Панте же, еще совсем маленькому, как только он начал немного ходить, уже был куплен резиновый мячик. Тогда еще дети не знали, что такое футбол, но Пантя «гонял» этот мячик руками. В хате игрушка попадала то в ведро с водой, то в помойницу. На дворе же этот мячик каким-то образом вскочил один раз в колодец. Чуть не всю воду вычерпал Богдан, пока выловил игрушку, и, наверно, никакую другую работу не делал он с таким наслаждением. Потом рассказывал чуть не каждому встречному:
— Это ж, поверьте, что сотворил сегодня мой малый! Закинул мячик в колодец! Я целое утро потратил, пока достал.

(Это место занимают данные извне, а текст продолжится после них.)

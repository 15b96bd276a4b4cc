//! The words of the command line, by `clap`, which also writes the help.
ghost use Rattle.std.specs.Prelude.{◌≡◌, ◌⊎◌, ◌≤◌, ◌^◌, ℕ, Bool, IfOk, IfErr, IfSome, IsErrAnd, MatchResult, Some, codes, false, map};
ghost use Rattle.clap.specs.Words.{app_of, found_of, FailsBy, kind_of, new_app, one_text, rule_of, subcommand_of, with_rule};
ghost use Rattle.clap.specs.Words.{subcommand_rows_of, with_subcommand};
ghost use Rattle.clap.specs.declared.builder.command.Command.TheViews.{out-Command as fields_of};
ghost use Rattle.cml_grammar.specs.{error_status};
ghost use Rattle.cml.specs.{usage, faults_of, form_if, limit_of, limit_rule, flag_rule, script_shape, performing, exploring, checking, compacting, AsksFor};
ghost use Rattle.cml.specs.{AsksHelp, Finds, FindsFlag, FindsLimit, HasOrder, Reads};

use crate::asked::Order;
use clap::error::ErrorKind;
use clap::{Arg, ArgAction, ArgMatches, Command, Error, value_parser};
use cml_script::Form;
use std::alloc::{AllocError, Global};
use std::convert::AsStr;

/// How many entries a journal takes where the words don't say it.
const DEFAULT_LIMIT: u64 = 65_536;

const DEFAULT_LIMIT_TEXT: &str = "65536";

/// How many states an exploration keeps where the words don't say it.
const DEFAULT_STATES: u64 = 500_000;

const DEFAULT_STATES_TEXT: &str = "500000";

const LIMIT_HELP: &str =
    "How many entries the journal of all that was done takes, from 1 to 4294967296";

const ABOUT: &str = "Performs a script of threads that send each other messages";

const LONG_ABOUT: &str = "Performs a script of threads that send each other messages.

A script declares mailboxes, channels, ports, variables and threads, and lists the steps that each
thread takes. Its messages are numbers where its first line is cml 1, and words where that is cml 2.
It is replayed one step at a time, with the same report each time, or it is run, each of its threads
as a thread of the operating system.";

const REPLAY_ABOUT: &str =
    "Replays the script on standard input and writes its report to standard output";

const REPLAY_LONG_ABOUT: &str =
    "Replays the script on standard input and writes its report to standard output.

It is replayed on one thread, always with the first step in text order that is its thread's next
and needn't wait. So the same script gives the same report each time.

A script with lanes or feeds needs threads: it is not replayed, but run. Messages are numbers in a
script whose first line is cml 1, and words of up to 64 bytes where that is cml 2; reports write =
before these.

The whole script is read and performed before anything is written.";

— У кого дети, у того и хлопоты, — сочувствовал кто-нибудь с похвалой и удивлением, что бывший музыкант с такой охотой заговорил с ним. Раньше он мог пройти мимо и даже «день добрый» не сказать громко и отчетливо: пыхнет своей «кадилкой» и зашагает дальше, понуро глядя себе под ноги.
— Ага, хлопоты, — соглашался Богдан. — Теперь, конечно, хлопоты!
Позднее он выменял у Шмуила свисток. И свистел Пантя всюду почти беспрерывно. Играть в хате на скрипке отцу запрещалось, а свистеть сыну можно было хоть до оглушения. Такую «музыку» охотно выдерживала Бычиха, слушал с тихой ухмылкой и Богдан. Только Вулька порой затыкала уши и готова была вырвать эту свистульку из рук Панти и закинуть ее куда-нибудь. Но пусть бы она попробовала сделать это! Богдан никогда плохого слова не сказал ей и вообще очень мало разговаривал. А тут, видать, снял бы ремень. И мать не смогла бы спасти ее от наказания.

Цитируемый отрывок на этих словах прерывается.